### [EXERCISE DESCRIPTION]
Give the number of lines in the data below where the string "that" occurs, and nothing else.

### [EXERCISE INPUTS]
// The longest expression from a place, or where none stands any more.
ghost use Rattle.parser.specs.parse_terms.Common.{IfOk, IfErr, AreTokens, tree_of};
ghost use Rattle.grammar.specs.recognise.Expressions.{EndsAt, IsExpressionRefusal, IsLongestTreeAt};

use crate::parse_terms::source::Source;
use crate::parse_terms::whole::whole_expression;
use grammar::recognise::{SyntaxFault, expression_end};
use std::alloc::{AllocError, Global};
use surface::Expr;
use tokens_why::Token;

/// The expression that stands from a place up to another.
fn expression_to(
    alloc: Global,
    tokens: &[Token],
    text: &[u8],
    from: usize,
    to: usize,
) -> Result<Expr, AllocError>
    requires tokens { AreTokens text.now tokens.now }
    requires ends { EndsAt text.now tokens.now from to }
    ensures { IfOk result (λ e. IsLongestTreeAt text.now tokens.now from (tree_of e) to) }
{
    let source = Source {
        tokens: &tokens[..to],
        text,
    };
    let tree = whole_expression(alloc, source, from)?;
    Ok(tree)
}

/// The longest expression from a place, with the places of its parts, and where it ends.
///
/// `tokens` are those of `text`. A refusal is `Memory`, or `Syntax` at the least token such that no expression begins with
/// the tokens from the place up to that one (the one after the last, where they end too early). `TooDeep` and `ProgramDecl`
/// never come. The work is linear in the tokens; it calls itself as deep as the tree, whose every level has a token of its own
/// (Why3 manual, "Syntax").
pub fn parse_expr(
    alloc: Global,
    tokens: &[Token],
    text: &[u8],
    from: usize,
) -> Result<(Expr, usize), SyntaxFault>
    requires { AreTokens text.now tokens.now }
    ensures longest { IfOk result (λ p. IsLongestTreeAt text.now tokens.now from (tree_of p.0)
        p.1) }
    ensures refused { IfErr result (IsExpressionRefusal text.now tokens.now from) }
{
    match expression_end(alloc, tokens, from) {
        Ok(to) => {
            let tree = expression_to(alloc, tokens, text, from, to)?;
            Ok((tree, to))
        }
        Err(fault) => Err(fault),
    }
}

### [TASK ANSWER]
3